This data set is described in full detail in Huang et al. (2022) Journal of Ecology XXX.

In brief, we used a large tree biodiversity experiment (BEF-China), established in 2009-2010, to test whether the application of fungicide or insecticide changes observed tree species richness effects on tree growth. We used a subset of plots in which tree species numbers ranged from 1 to 8. To these plots, a factorial split-plot treatment was added in April 2014. The new treatments (I: insecticide; F: fungicide; C: untreated control) were applied to subplots located along one side of the main plots. Each subplot contained 4 × 4 = 16
trees. We further used the central 4 × 4 trees of the main plot for additional measurements (central control subplot).

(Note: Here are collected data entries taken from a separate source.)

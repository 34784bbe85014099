//! The adder: the nearest number to a sum, and what remains, in integers of 128 bits. Casts that only widen are written `as`, which is as plain as `From`.
ghost use Rattle.std.specs.Prelude.{◌≡◌, ◌*◌, ◌/◌, ◌^◌, ◌<◌, ◌≤◌, T, pos, ◌+ℤ◌, ◌-ℤ◌, ◌*ℤ◌, int_lt, unsigned_abs};
ghost use Rattle.std.specs.Float.Ieee.Nearest.{closest};
ghost use Rattle.numbers.specs.Nearest.{nearest_ℕ, nearest};
ghost use Rattle.numbers.specs.Binary.{is_number, code, binary};
ghost use Rattle.numbers.specs.Coding.{adder};
ghost use Rattle.register.specs.Value.{meant};
ghost use Rattle.register.specs.Wrap.{signed_by};
ghost use Rattle.binary.specs.Canonical.{Canonical};
ghost use Rattle.binary.specs.Layout.{nearest_of, Settled};
ghost use Rattle.binary.specs.Sums.{Sums};

use crate::format::Binary;
use crate::patterns::{fits, signed, worth, written};
use register::Scaled;

// m in units of 2^drop, rounded to the nearest whole number, from halfway to the even one.
#[tactic(auto, using(crate::proofs::Rounds::rounds))]
fn rounded(m: u128, drop: u32) -> u64
    requires size { m < 2 ^ 126 }
    requires place { (0 < drop) × (drop < 126) }
    requires word { m / 2 ^ drop < 2 ^ 63 }
    ensures { result ≡ closest m (2 ^ drop) }
{
    let half = 1u128 << (drop - 1);
    let odd = (m >> drop) % 2;
    ((m + (half - 1) + odd) >> drop) as u64
}

// The number nearest to a magnitude: its pattern, and how many of the magnitude's units it is.
#[derive(Clone, Copy)]
struct Near {
    code: u64,
    units: u128,
}

#[tactic(auto, using(crate::proofs::Steps::steps))]
fn nearest_to<B: Binary>(m: u128, shift: u32) -> Near
    requires { (m < 2 ^ 110) × (shift ≤ B.Binary.format.scales) }
    ensures code { result.code ≡ code B.Binary.format (nearest_ℕ B.Binary.format (m * 2 ^ shift)) }
    ensures units { result.units * 2 ^ shift ≡ nearest_ℕ B.Binary.format (m * 2 ^ shift) }
{
    if m == 0 {
        return Near { code: 0, units: 0 };
    }
    let fraction = B::FRACTION;
    let lead = B::lead();
    let highest = m.ilog2();
    if highest <= fraction {
        let up = (fraction - highest).min(shift);
        return Near {
            code: (shift - up) as u64 * lead + ((m as u64) << up),
            units: m,
        };
    }
    let drop = highest - fraction;
    let n = rounded(m, drop);
    let code = (shift + drop) as u64 * lead + n;
    if fits::<B>(code) {
        return Near {
            code,
            units: (n as u128) << drop,
        };
    }
    Near {
        code: B::top(),
        units: ((2 * lead - 1) as u128) << (B::SCALES - shift),
    }
}

// A magnitude with a sign.
fn with_sign(negative: bool, magnitude: u128) -> i128
    requires { magnitude < 2 ^ 127 }
    ensures value { result ≡ signed_by negative magnitude }
    ensures size { unsigned_abs result ≡ magnitude }
{
    let m = magnitude as i128;
    if negative { -m } else { m }
}

// What is left of a sum when so many units of its own sign are taken away.
fn left(sum: i128, units: u128) -> i128
    requires { (unsigned_abs sum < 2 ^ 126) × (units < 2 ^ 126) }
    ensures { result ≡ sum -ℤ signed_by (int_lt sum (pos 0)) units }
{
    if sum < 0 {
        sum + units as i128
    } else {
        sum - units as i128
    }
}

// The pattern of the number nearest to a sum in units of 2^shift, and how many of the units it leaves.
fn nearest<B: Binary>(sum: i128, shift: u32) -> (u64, i128)
    requires { (unsigned_abs sum < 2 ^ 110) × (shift ≤ B.Binary.format.scales) }
    ensures pattern { result.0 ≡ nearest_of B.Binary.format (sum *ℤ pos (2 ^ shift)) }
    ensures rest { result.1 *ℤ pos (2 ^ shift) ≡ sum *ℤ pos (2 ^ shift) -ℤ nearest B.Binary.format (sum *ℤ pos (2 ^ shift)) }
    ensures size { unsigned_abs result.1 ≤ unsigned_abs sum }
{
    let found = nearest_to::<B>(sum.unsigned_abs(), shift);
    (signed::<B>(sum < 0, found.code), left(sum, found.units))
}

// The number nearest to a sum, and the one that remains.
fn settled<B: Binary>(sum: i128, shift: u32) -> (u64, u64)
    requires { (unsigned_abs sum < 2 ^ 110) × (shift ≤ B.Binary.format.scales) }
    ensures { Settled B.Binary.format (sum *ℤ pos (2 ^ shift)) result.0 result.1 }
{
    let (pattern, rest) = nearest::<B>(sum, shift);
    (pattern, nearest::<B>(rest, shift).0)
}

// The adder on worths, of which the first has the greater shift. That they are canonical stays a clause: a type of such worths would be made and taken apart between two calls.
fn joined<B: Binary>(x: Scaled, y: Scaled) -> (u64, u64)
    requires first { Canonical B.Binary.format x.magnitude x.shift }
    requires second { Canonical B.Binary.format y.magnitude y.shift }
    requires order { y.shift ≤ x.shift }
    ensures { Settled B.Binary.format (meant x +ℤ meant y) result.0 result.1 }
{
    let gap = x.shift - y.shift;
    if gap > B::FRACTION + 2 {
        return (written::<B>(x), written::<B>(y));
    }
    let sum = with_sign(x.negative, (x.magnitude as u128) << gap)
        + with_sign(y.negative, y.magnitude as u128);
    settled::<B>(sum, y.shift)
}

// The adder on worths.
fn summed<B: Binary>(x: Scaled, y: Scaled) -> (u64, u64)
    requires first { Canonical B.Binary.format x.magnitude x.shift }
    requires second { Canonical B.Binary.format y.magnitude y.shift }
    ensures { Settled B.Binary.format (meant x +ℤ meant y) result.0 result.1 }
{
    // One call, which the compiler takes in: of two it makes a function of its own, and hands it the worths in memory.
    let (first, second) = if y.shift <= x.shift { (x, y) } else { (y, x) };
    joined::<B>(first, second)
}

/// The number nearest to the sum of two, and the number that remains of it.
pub fn add<B: Binary>(a: u64, b: u64) -> (u64, u64)
    requires { (T (is_number B.Binary.format a)) × (T (is_number B.Binary.format b)) }
    ensures value { result ≡ adder (binary B.Binary.format) a b }
    ensures relation { Sums B.Binary.format a b result.0 result.1 }
{
    summed::<B>(worth::<B>(a), worth::<B>(b))
}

Insecticide and fungicide solutions (4 L per subplot) were sprayed over tree crowns every 4 weeks, but only on days with no or very little wind. During the rainy season, application
intervals were halved to 2 weeks to compensate for more rapid leaching. The insecticide solution contained 10 mL dimethoate (an organophosphate) and 10 mL deltamethrin (a
pyrethroid). The fungicide solution contained 8 g of mancozeb (a dithiocarbamate) and 25 mL of myclobutanil (a triazole). Control subplots were sprayed with 4 L of water.

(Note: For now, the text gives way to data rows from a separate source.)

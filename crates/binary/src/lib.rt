//! What the binary kinds compute on patterns, written once over the format: fields, opposite and adder.
#![tactic(auto)]

pub mod adder;
pub mod format;
pub mod patterns;
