//! Patterns and what they are worth.
ghost use Rattle.std.specs.Prelude.{◌≡◌, ◌<◌, T, nat_le};
ghost use Rattle.numbers.specs.Binary.{sign_bit, is_number, worth, pattern, binary, BinaryPatterns};
ghost use Rattle.numbers.specs.Coding.{opposite as opposite_of};
ghost use Rattle.register.specs.Value.{meant};
ghost use Rattle.binary.specs.Canonical.{Canonical};
ghost use Rattle.binary.specs.Layout.{signed_code, top_code};

use crate::format::Binary;
use register::Scaled;

/// Whether a pattern is a number: its exponent field is not all ones, and no bit above the sign is set.
#[tactic(auto, using(crate::proofs::Fields::fields))]
pub fn is_number<B: Binary>(p: u64) -> bool
    ensures { result ≡ is_number B.Binary.format p }
{
    let sign = B::sign_bit();
    p / 2 < sign && p % sign / B::lead() < B::SCALES as u64 + 2
}

/// What a number is worth, at the smallest scale that it has. Patterns and worths are inverse but for the negative zero, and a tie's even coefficient is a pattern that ends in a 0 bit.
#[tactic(auto, using(crate::proofs::Fields::parts))]
pub fn worth<B: Binary>(p: u64) -> Scaled
    requires { T (is_number B.Binary.format p) }
    ensures worth { meant result ≡ worth B.Binary.format p }
    ensures canonical { Canonical B.Binary.format result.magnitude result.shift }
    ensures patterns { BinaryPatterns B.Binary.format }
{
    let sign = B::sign_bit();
    let lead = B::lead();
    let negative = p >= sign;
    let field = p % sign / lead;
    let fraction = p % sign % lead;
    // A number with an exponent field of 0 has no leading 1.
    if field == 0 {
        return Scaled {
            negative,
            magnitude: fraction,
            shift: 0,
        };
    }
    Scaled {
        negative,
        magnitude: lead + fraction,
        shift: (field - 1) as u32,
    }
}

/// Whether a pattern without a sign is no more than the greatest number's.
pub fn fits<B: Binary>(code: u64) -> bool
    ensures { result ≡ nat_le code (top_code B.Binary.format) }
{
    code <= B::top()
}

// The sign is a field of the pattern, not a word that says whether there is one.
/// A pattern without a sign given one; zero takes none.
pub fn signed<B: Binary>(negative: bool, code: u64) -> u64
    requires { code < sign_bit B.Binary.format }
    ensures { result ≡ signed_code B.Binary.format negative code }
{
    if negative && code > 0 {
        B::sign_bit() + code
    } else {
        code
    }
}

// The pattern of a coefficient at a scale.
#[tactic(auto, using(crate::proofs::Joins::writes))]
pub(crate) fn written<B: Binary>(w: Scaled) -> u64
    requires { Canonical B.Binary.format w.magnitude w.shift }
    ensures { result ≡ pattern B.Binary.format (meant w) }
{
    signed::<B>(w.negative, w.shift as u64 * B::lead() + w.magnitude)
}

/// The pattern of the opposite number.
#[tactic(auto, using(crate::proofs::Signs::turned))]
pub fn opposite<B: Binary>(p: u64) -> u64
    requires { T (is_number B.Binary.format p) }
    ensures { result ≡ opposite_of (binary B.Binary.format) p }
{
    let mut w = worth::<B>(p);
    w.negative = !w.negative;
    written::<B>(w)
}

In September 2014 and 2016, we measured basal diameter and height of all trees in the subplots. We further measured the central 16 trees in each main plot because these are the trees that are censored as part of the regular inventories of all 566 BEF-China plots. Tree growth was estimated as increase in basal diameter from 2014 to 2016. We also used the product of basal diameter and height as a proxy for tree volume, and calculated volume growth as increment from 2014 to 2016. To obtain species-level basal area and volume, we added the values for all tree individuals of the same species per subplot. Community-level basal diameter and volume were than obtained by summing all the species-level values per subplot.

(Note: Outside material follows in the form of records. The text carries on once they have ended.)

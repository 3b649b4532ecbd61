//! What a book shows of a time journal that bounds another journal in time.

ghost use Rattle.std.specs.Prelude.{◌≡◌, ◌<◌, Option, IfOk, IfErr, IfSome};
ghost use Rattle.journal_record.specs.Entry.{Entry};
ghost use Rattle.proof_codec.specs.Proofs.{IsTimeHeader};
ghost use Rattle.ledger_model.specs.History.{History};
ghost use Rattle.ledger_book.specs.Books.{Serves};
ghost use Rattle.proof_maker.specs.Making.{NeverFaults};
ghost use Rattle.proof_maker.specs.Parts.{IsAt, Bounds, BoundsIf, IsShortBound, IsMarkOf};
ghost use Rattle.proof_maker.specs.declared.made.MakeErr.TheVariants as make_err;

use crate::MakeErr;
use crate::rows::extension_of;
use journal_record::{Header, Kind};
use ledger_book::Book;
use ledger_bytes::{Bytes, Digest, Refusal, TimeMark};
use std::alloc::Global;

/// A time journal, and how the ledger goes on from the journals in front of it.
#[derive(Drop)]
pub(crate) struct Bound {
    pub(crate) header: Header,
    /// The root over the journals in front of it.
    pub(crate) root: Digest,
    /// The proof that the ledger goes on from them.
    pub(crate) ext: Bytes,
}

impl Bound {
    // That of time journal `jsn`.
    fn of(alloc: Global, book: &Book, jsn: u64) -> Result<Self, MakeErr>
        ensures bounds { IfOk result (λ bound. (h : History) (e : Entry) → Serves book.now h
            → IsAt h jsn e → Bounds h e bound) }
        ensures short { IfOk result IsShortBound }
        ensures err { (h : History) (e : Entry) → Serves book.now h → IsAt h jsn e
            → IfErr result (λ e. e ≡ make_err.NoMemory) }
        ensures own { NeverFaults result }
    {
        let tree = book.tree();
        let Some(header) = time_header(book, jsn) else {
            return Err(MakeErr::Refused(Refusal::NoJournal { size: tree.size() }));
        };
        let root = tree.root_at(jsn)?;
        let ext = extension_of(alloc, tree, jsn)?;
        Ok(Bound { header, root, ext })
    }
}

/// What is shown of the time journal that a mark names, where there is a mark.
pub(crate) fn bound_at(
    alloc: Global,
    book: &Book,
    mark: Option<TimeMark>,
) -> Result<Option<Bound>, MakeErr>
    ensures bounds { IfOk result (λ bound. (h : History) (journal : Option Entry) → Serves book.now h
        → IsMarkOf h journal mark → BoundsIf h journal bound) }
    ensures short { IfOk result (λ bound. IfSome bound IsShortBound) }
    ensures err { (h : History) (journal : Option Entry) → Serves book.now h
        → IsMarkOf h journal mark → IfErr result (λ e. e ≡ make_err.NoMemory) }
    ensures own { NeverFaults result }
{
    match mark {
        Some(mark) => Ok(Some(Bound::of(alloc, book, mark.jsn)?)),
        None => Ok(None),
    }
}

// The header of time journal `jsn`, where it's kept, as it's read from its bytes: a proof shows no header that breaks the
// rules of its layout.
fn time_header(book: &Book, jsn: u64) -> Option<Header>
    ensures time { IfSome result IsTimeHeader }
    ensures header { (h : History) (e : Entry) → Serves book.now h → IsAt h jsn e
        → result ≡ Some e.header }
{
    let header = Header::decode(&book.header(jsn)?.encode()).ok()?;
    (header.kind == Kind::Time).then_some(header)
}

We quantified leaf damage in all monocultures in September 2016. We randomly chose five individuals per species from the central 6×6 trees of each main plot. Then, for each tree, we randomly picked three branches from different canopy layers and sampled seven young, fully expanded leaves per branch. The damage of these leaves was classified based on the fraction of leaf area affected (0, <5, <25, <50, <75, and >75%), separately for herbivory and fungal damage. Species mean leaf damage was calculated for each subplot by averaging the center of these damage classes over all leaves (e.g. 15% for the 5–25% class).

Data are in stored as comma-separated plain text files with utf-8 encoding. The data can be read with most software, including R (www.r-project.org). For further details of use, see the comments included  in the R scripts.